- Exercise brief: Some of the lines below need repeating. Reproduce exactly those between the lines holding "use disk_model::Disk;" and "CallsSessions D.state Begin", inclusive.

- Data section:

//! The calls on sessions that write nothing: begin, ask, stage, drop.

ghost use Rattle.std.specs.Prelude.{◌≡◌, Err, length, is_none};
ghost use Rattle.std.specs.List.{position};
ghost use Rattle.script_lines.specs.InPlace.{in_place};
ghost use Rattle.script_lines.specs.Replies.{reply_of};
ghost use Rattle.script_lines.specs.Sessions.{question_of, change_of};
ghost use Rattle.script_lines.specs.Sessions.SessionCall.{Begin, Ask, Stage, Leave};
ghost use Rattle.script_lines.specs.Sessions.{SessionAnswer as answers};
ghost use Rattle.session_core.specs.Machine.{live_limit};
ghost use Rattle.session_core.specs.SessionCalls.{CallsSessions, IsOfSessions};
ghost use Rattle.session_core.specs.SessionSteps.{AsksIn, FindsPlace, KeepsTree, Runs, StagesIn, LeavesIn};

use crate::fault::SessionFault;
use crate::notes::{Note, Session};
use crate::sessions::{MAX_NOTES, Sessions};
use disk_model::Disk;
use script_lines::{Change, Question, Reply};
use std::alloc::Global;
use store_core::Store;

impl<D: Disk> Sessions<D> {
    /// Begins a session, and answers its number: the least that no live session has. It takes no memory and calls
    /// nothing.
    ///
    /// `Stopped`, exactly where the store is stopped. `Crowded`, exactly where 64 sessions are live.
    pub fn begin(&mut self) -> Result<u32, SessionFault>
        ensures call { CallsSessions D.state Begin answers.Began self.old self.new result }
        ensures alone { IsOfSessions Begin answers.Began self.old self.new result }
        ensures room { result ≡ Err SessionFault.NoMemory → ⊥ }
    {
        self.check_running()?;
        let Some(place) = first_free(&self.places) else {
            return Err(SessionFault::Crowded);
        };
        self.places[place] = Some(Session::new(self.alloc));
        Ok(place as u32)
    }

    /// Answers a question on the tree as it was last committed, and notes it with its answer.
    ///
    /// `Stopped`, exactly where the store is stopped. `Unknown`, exactly where no live session has the number.
    /// `Many`, exactly where it has 64 questions. Then `Disk` and `NoMemory`, as from `Store::apply`. After each of
    /// them nothing is noted, and nothing was written.
    pub fn ask(&mut self, id: u32, question: &Question) -> Result<Reply, SessionFault>
        ensures call { CallsSessions D.state (Ask id (question_of question.now))
            (λ reply. answers.Replied (reply_of reply)) self.old self.new result }
    {
        let mut reply = Reply::Ok;
        self.ask_into(id, question, &mut reply)?;
        Ok(reply)
    }

    /// Answers a question, as `ask` does, and puts the reply into `reply`. After a fault any reply may stand there.
    pub fn ask_into(
        &mut self,
        id: u32,
        question: &Question,
        reply: &mut Reply,
    ) -> Result<(), SessionFault>
        ensures call { CallsSessions D.state (Ask id (question_of question.now))
            (λ reply. answers.Replied (reply_of reply))
            self.old self.new (in_place reply.new result) }
    {
        let place = self.place_of(id)?;
        ask_in(
            self.alloc,
            &mut self.store,
            &mut self.places[place],
            question,
            reply,
        )
    }

    /// Notes a change, to be carried out by the commit. It calls nothing.
    ///
    /// `Stopped`, exactly where the store is stopped. `Unknown`, exactly where no live session has the number. `Many`,
    /// exactly where it has 64 changes. Then `NoMemory`. After each of them nothing is noted.
    pub fn stage(&mut self, id: u32, change: &Change) -> Result<(), SessionFault>
        ensures call { CallsSessions D.state (Stage id (change_of change.now))
            (λ _. answers.Done) self.old self.new result }
        ensures alone { IsOfSessions (Stage id (change_of change.now))
            (λ _. answers.Done) self.old self.new result }
    {
        let place = self.place_of(id)?;
        stage_in(&mut self.places[place], change)
    }

    /// Ends a session, and carries nothing out. It takes no memory and calls nothing.
    ///
    /// `Stopped`, exactly where the store is stopped. `Unknown`, exactly where no live session has the number.
    pub fn drop_group(&mut self, id: u32) -> Result<(), SessionFault>
        ensures call { CallsSessions D.state (Leave id)
            (λ _. answers.Done) self.old self.new result }
        ensures alone { IsOfSessions (Leave id) (λ _. answers.Done) self.old self.new result }
        ensures room { result ≡ Err SessionFault.NoMemory → ⊥ }
    {
        let place = self.place_of(id)?;
        drop_in(&mut self.places[place])
    }

    /// Answers `Stopped`, exactly where the store is stopped.
    fn check_running(&self) -> Result<(), SessionFault>
        ensures runs { Runs self.now result }
        ensures sized { length self.now.places ≡ live_limit }
        ensures kept { KeepsTree D.state self.now.store }
    {
        // Called for its contract, which tells that the tree fits.
        let _ = self.store.params();
        if self.store.is_stopped() {
            return Err(SessionFault::Stopped);
        }
        Ok(())
    }

    /// The place of a number, whether or not a session is live there.
    ///
    /// `Stopped`, exactly where the store is stopped. `Unknown`: there is no place of that number.
    pub(crate) fn place_of(&self, id: u32) -> Result<usize, SessionFault>
        ensures found { FindsPlace self.now id result }
        ensures sized { length self.now.places ≡ live_limit }
        ensures kept { KeepsTree D.state self.now.store }
    {
        self.check_running()?;
        let place = id as usize;
        if place >= self.places.len() {
            return Err(SessionFault::Unknown);
        }
        Ok(place)
    }
}

/// The first place where no session is live, if there is one.
fn first_free(places: &[Option<Session>]) -> Option<usize>
    ensures { result ≡ position is_none places.now }
{
    places.iter().position(|place| place.is_none())
}

/// Answers a question, and notes it with its answer in the session of a place.
///
/// `Unknown`, exactly where none is live there. `Many`, exactly where it has as many questions as it may have. Then the
/// store's faults, and `NoMemory`. After each of them nothing is noted.
fn ask_in<D: Disk>(
    alloc: Global,
    store: &mut Store<D>,
    place: &mut Option<Session>,
    question: &Question,
    reply: &mut Reply,
) -> Result<(), SessionFault>
    ensures { AsksIn D.state (question_of question.now)
        store.old store.new place.old place.new (in_place reply.new result) }
{
    let Some(session) = place else {
        return Err(SessionFault::Unknown);
    };
    if session.asked.len() >= MAX_NOTES {
        return Err(SessionFault::Many);
    }
    store.apply_into(&question.command(), reply)?;
    let note = Note {
        question: question.copy(),
        reply: reply.copy(alloc)?,
    };
    session.note(note)
}

/// Notes a change in the session of a place, as `Session::stage`. `Unknown`, exactly where none is live there.
fn stage_in(place: &mut Option<Session>, change: &Change) -> Result<(), SessionFault>
    ensures { StagesIn (change_of change.now) place.old place.new result }
{
    match place {
        None => Err(SessionFault::Unknown),
        Some(session) => session.stage(change),
    }
}

/// Ends the session of a place. `Unknown`, exactly where none is live there.
fn drop_in(place: &mut Option<Session>) -> Result<(), SessionFault>
    ensures { LeavesIn place.old place.new result }
{
    if place.is_none() {
        return Err(SessionFault::Unknown);
    }
    *place = None;
    Ok(())
}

- Result of the task:
use disk_model::Disk;
use script_lines::{Change, Question, Reply};
use std::alloc::Global;
use store_core::Store;

impl<D: Disk> Sessions<D> {
    /// Begins a session, and answers its number: the least that no live session has. It takes no memory and calls
    /// nothing.
    ///
    /// `Stopped`, exactly where the store is stopped. `Crowded`, exactly where 64 sessions are live.
    pub fn begin(&mut self) -> Result<u32, SessionFault>
        ensures call { CallsSessions D.state Begin answers.Began self.old self.new result }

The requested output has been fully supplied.